I know depression well.
Abusive relationships are terrible, and do much character demage to the victim and the abuser.
She was probably abusive herself and is trapped in the cycle of abuse.
It is not your fault that you were a victim.
It is normal to have affection for your abuser because they don't abuse the victims 24/7.
She loved at times as well.
It is this hot and cold running water that makes for the most truama I was informed.
They did a study. They took a dog and with one hand the stroke and petted the dog.
With the other hand the hit the dog hard with a stick.
They kept this up. Eventually the dog turned on himself and bit itself.
Get the point, it is easy to despise an abusers if all did was to inflict pain but is not usually the case. They have at least some good movements.

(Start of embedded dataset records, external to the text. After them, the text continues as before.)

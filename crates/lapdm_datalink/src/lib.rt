//! A data link: one side of a channel, mobile or network, with its loop. It decides what goes into each slot, without a queue or a timer:
//! the frame that awaits an answer is made in its slot, and T200 counts slots. No call allocates memory.
#![tactic(auto)]

mod data_links;
mod laws;
mod links;
mod outlook;
mod parts;

pub use data_links::{DataLink, Establishment, Slot, holds_up_sapi3};
pub use laws::{
    law_answer_waits_for_one_slot, law_final_dm_ends_only_a_link_that_polled,
    law_i_frame_is_answered_in_the_next_slot, law_link_is_established_afresh,
    law_mobile_returns_to_an_open_link, law_normal_link_is_opened_by_either_side,
    law_nr_acknowledges_only_what_was_sent, law_sabm_in_closing_is_refused, law_sapi_0_goes_first,
    law_slot_is_a_step_of_the_endpoint,
};
pub use links::{Link, LinkSlot, any_on_sapi0};
pub use outlook::{LinkOutlook, Outlook};
pub use parts::{DataLinkView, LinkView};
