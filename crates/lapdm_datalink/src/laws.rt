//! Laws of one link, slot by slot. The body of a law is empty: call it to use its contract in a proof.

ghost use Rattle.std.specs.Prelude.{◌≡◌, ◌⊎◌, ◌||◌, ℕ, Bool, true, false, nat_eq, Some, None};
ghost use Rattle.lapdm_frame.specs.Content.{Frame};
ghost use Rattle.lapdm_end.specs.lapdm_window.declared.State.TheVariants.{Idle, Open, Closed};
ghost use Rattle.lapdm_end.specs.lapdm_window.segmenting.Segments.{Segment};
ghost use Rattle.lapdm_end.specs.lapdm_window.declared.Sapi.TheVariants.{Zero, Three};
ghost use Rattle.lapdm_end.specs.lapdm_window.Ends.{Network, IsPossibleSabmInfo, vr};
ghost use Rattle.lapdm_end.specs.lapdm_window.Rules.{is_open};
ghost use Rattle.lapdm_datalink.specs.Links.{LinkState, after_received, after_slot, is_reopened_by_frame, slot_outcome, sabm_goes_first};
ghost use Rattle.lapdm_datalink.specs.Links.{has_polled, is_closed, is_sabm};
ghost use Rattle.lapdm_datalink.specs.Slots.{GoesFirst, IsNewOpening, IsRepeat, IsSabmThatOpened, IsStepOfEndpoint, nr_of, took};
ghost use Rattle.lapdm_datalink.specs.Slots.{CountsFromZero, IsSabmInClosing, IsRefused, IsBareSabm, IsNormalOpening, IsEstablishedAfresh};
ghost use Rattle.lapdm_datalink.specs.Slots.{IsFinalDmInOpen, EndsAsFailed, ChangesNothing, expires_in};
ghost use Rattle.lapdm_datalink.specs.Unsent.{IsUnsent, AcknowledgesNothing};
ghost use Rattle.lapdm_datalink.specs.DataLinks.{DataLinkState, after_arrival};

/// Law: in a slot, the endpoint of a link does nothing, repeats the frame that awaits an answer without counting it, or handles the expiry
/// of T200. What goes out is the answer owed, or the frame of that call.
#[tactic(auto, using(crate::proofs::Answering::step_of_endpoint))]
pub fn law_slot_is_a_step_of_the_endpoint()
    ensures { (l : LinkState) → IsStepOfEndpoint l (slot_outcome l) }
{}

/// Law: a link that has the slot owes nothing after it, unless its own SABM went first.
#[tactic(auto, using(crate::proofs::Answering::owes_nothing))]
pub fn law_answer_waits_for_one_slot()
    ensures { (l : LinkState) → sabm_goes_first l ≡ false → (slot_outcome l).link.answer ≡ None }
{}

/// Law: if an open link that owes nothing takes an I frame that is in sequence or polls, and then has a slot with no call or frame in
/// between, the slot carries an N(R) equal to V(R), or the link is given up in it.
#[tactic(auto, using(crate::proofs::Answering::answers_i_frame))]
pub fn law_i_frame_is_answered_in_the_next_slot()
    ensures { (l : LinkState) → l.endpoint.state ≡ Open → l.answer ≡ None → (ns nr : ℕ) (poll : Bool) (segment : Segment)
        → (nat_eq ns (vr l.endpoint) || poll) ≡ true
        → (nr_of (slot_outcome (after_slot (took ns nr poll segment l))).frame ≡ Some (vr (took ns nr poll segment l).endpoint))
        ⊎ ((slot_outcome (after_slot (took ns nr poll segment l))).link.endpoint.state ≡ Closed) }
{}

/// Law: SAPI 0 goes first. What the link of SAPI 0 does in a slot, and when a frame arrives, is what it does alone, and its frames go out
/// with SAPI 0. A slot in which it sends nothing is that of SAPI 3.
#[tactic(auto, using(crate::proofs::First::sapi_0_goes_first))]
pub fn law_sapi_0_goes_first()
    ensures { (s : DataLinkState) → GoesFirst s }
{}

/// Law: a SABM with the information that opened an open link is a repeat until the link has heard an I, RR, RNR or REJ, and then a new
/// opening: a bit that the rules of 3GPP TS 44.006 do not have tells the one from the other (5.4.2.1: both sides count from 0 again).
#[tactic(auto, using(crate::proofs::SabmInOpen::sabm_in_open))]
pub fn law_sabm_in_open_is_a_repeat_or_an_opening()
    ensures { (f : Frame) (l : LinkState) → IsSabmThatOpened f l
        → (l.heard ≡ false → IsRepeat f l) × (l.heard ≡ true → IsNewOpening f l) }
{}

/// Law: a SABM that arrives while a link is being released is refused: the release goes on, and the next slot carries a DM.
#[tactic(auto, using(crate::proofs::SabmInOpen::refused))]
pub fn law_sabm_in_closing_is_refused()
    ensures { (f : Frame) (l : LinkState) → IsSabmInClosing f l → IsRefused f l }
{}

/// Law: a DM with F = 1 ends an open link as failed if it answers a repeat with P = 1 of the outstanding I frame, and else changes nothing.
/// Such a repeat goes out in a slot in which T200 expires.
#[tactic(auto, using(crate::proofs::DmInOpen::ends, crate::proofs::DmInOpen::is_ignored, crate::proofs::DmInOpen::polls))]
pub fn law_final_dm_ends_only_a_link_that_polled()
    ensures asked { (f : Frame) (l : LinkState) → IsFinalDmInOpen f l → has_polled l.endpoint ≡ true → EndsAsFailed f l }
    ensures unasked { (f : Frame) (l : LinkState) → IsFinalDmInOpen f l → has_polled l.endpoint ≡ false → ChangesNothing f l }
    ensures polls { (l : LinkState) → expires_in l ≡ true → (slot_outcome l).link.endpoint.state ≡ Open
        → has_polled (slot_outcome l).link.endpoint ≡ true }
{}

/// Law: nothing but a new opening acknowledges an I frame that waits for its slot: an N(R) acknowledges it only once it was sent.
#[tactic(auto, using(crate::proofs::Unsent::acknowledges_nothing))]
pub fn law_nr_acknowledges_only_what_was_sent()
    ensures { (f : Frame) (l : LinkState) → IsUnsent l → is_sabm f.content ≡ false → AcknowledgesNothing f l }
{}

/// Law: a closed link that a frame opens again has heard nothing, whatever it had heard before it was closed.
#[tactic(auto, using(crate::proofs::SabmInOpen::reopened_unheard))]
pub fn law_a_closed_link_opened_again_has_heard_nothing()
    ensures { (f : Frame) (l : LinkState) → is_reopened_by_frame f l ≡ true → (after_received f l).heard ≡ false }
{}

/// Law: either side opens the link of SAPI 0 of normal establishment: it takes the SABM without information in Idle, reports the opening,
/// and answers with the UA in its next slot, both with SAPI 0.
#[tactic(auto, using(crate::proofs::Normal::opened_by_either_side))]
pub fn law_normal_link_is_opened_by_either_side()
    ensures { (f : Frame) (s : DataLinkState) → IsBareSabm f s → s.link0.endpoint.sapi ≡ Three → s.link0.endpoint.state ≡ Idle
        → IsNormalOpening f s }
{}

/// Law: a mobile may return to a network whose link of SAPI 0 is open, whichever way it was opened: its SABM without information opens this
/// link by normal establishment, and both sides count from 0. Where it was opened so, an I, RR, RNR or REJ must have been heard.
#[tactic(auto, using(crate::proofs::Normal::returns))]
pub fn law_mobile_returns_to_an_open_link()
    ensures { (f : Frame) (s : DataLinkState) → IsBareSabm f s → s.link0.endpoint.role ≡ Network → s.link0.endpoint.state ≡ Open
        → IsPossibleSabmInfo Open s.link0.endpoint.sapi s.link0.endpoint.sabm_info
        → s.link0.endpoint.sapi ≡ Zero ⊎ s.link0.heard ≡ true
        → IsNormalOpening f s × CountsFromZero (after_arrival f s).link0 }
{}

/// Law: layer 3 may establish a link that is open or closed again: it is of normal establishment from then on, and counts from 0.
#[tactic(auto, using(crate::proofs::Normal::established_afresh))]
pub fn law_link_is_established_afresh()
    ensures { (l : LinkState) → (is_open l.endpoint.state || is_closed l.endpoint.state) ≡ true → IsEstablishedAfresh l }
{}
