// Exports the calls of `capi_factor_build` as C functions, for the archive libcapi_factor_build.a: each calls the function of its name there and states its clauses again.
#![tactic(auto)]

ghost use Rattle.std.specs.Prelude.{◌≡◌, [], ◌∷◌};
ghost use Rattle.factor.specs.Composed.{composed};
ghost use Rattle.enumeration.specs.Calls.{enumerates};
ghost use Rattle.capi_values.specs.Bridge.{telling, in_out, bridged};

#[unsafe(no_mangle)]
pub extern "C" fn hg_composed(
    table: &mut [u32],
    start: usize,
    work: &mut [u32],
    rows: &[u32],
    n: u8,
    room: u32,
    out: &mut [u32],
) -> u32
    ensures { telling result out.new (table.new ∷ work.new ∷ []) ≡ in_out 5 out.old (table.old ∷ work.old ∷ []) (bridged (composed table.old start work.old rows.now n room) out.old) }
{
    capi_factor_build::hg_composed(table, start, work, rows, n, room, out)
}

#[unsafe(no_mangle)]
pub extern "C" fn hg_enumerate(
    table: &mut [u32],
    start: usize,
    work: &mut [u32],
    orders: &[u32],
    n: u8,
    room: u32,
    out: &mut [u32],
) -> u32
    ensures { telling result out.new (table.new ∷ work.new ∷ []) ≡ in_out 5 out.old (table.old ∷ work.old ∷ []) (bridged (enumerates table.old start work.old orders.now n room) out.old) }
{
    capi_factor_build::hg_enumerate(table, start, work, orders, n, room, out)
}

Carefully consider your options. Realizing that their are billions of people on this plant is a good thing to keep in the fore front of your mind. This abuser is but one person. You social circles are but a few. Your job is important but there are other places to work.
Give yourself a break and destroy those intangible boarders that you have self talked into tangible existence.
The are two types of reality, there is the perceived reality that we construct for ourselves and their is actual reality or the truth.
Perceived reality is that you cannot make new friends, cannot change jobs, cannot heal from your depression. Where as actual reality is the opposite.
I can and am going to make new friends.
I can heal from my depression.
I can have a rich and mutually beneficial relationship.
Got it!
I must warn you that the chose is yours. I am not telling you what to do just informing you that you have options.
Many recovered addicts relapse because the they do not change their social circles.
Last edited by Benny2; 05-06-2007 at 11:42 AM.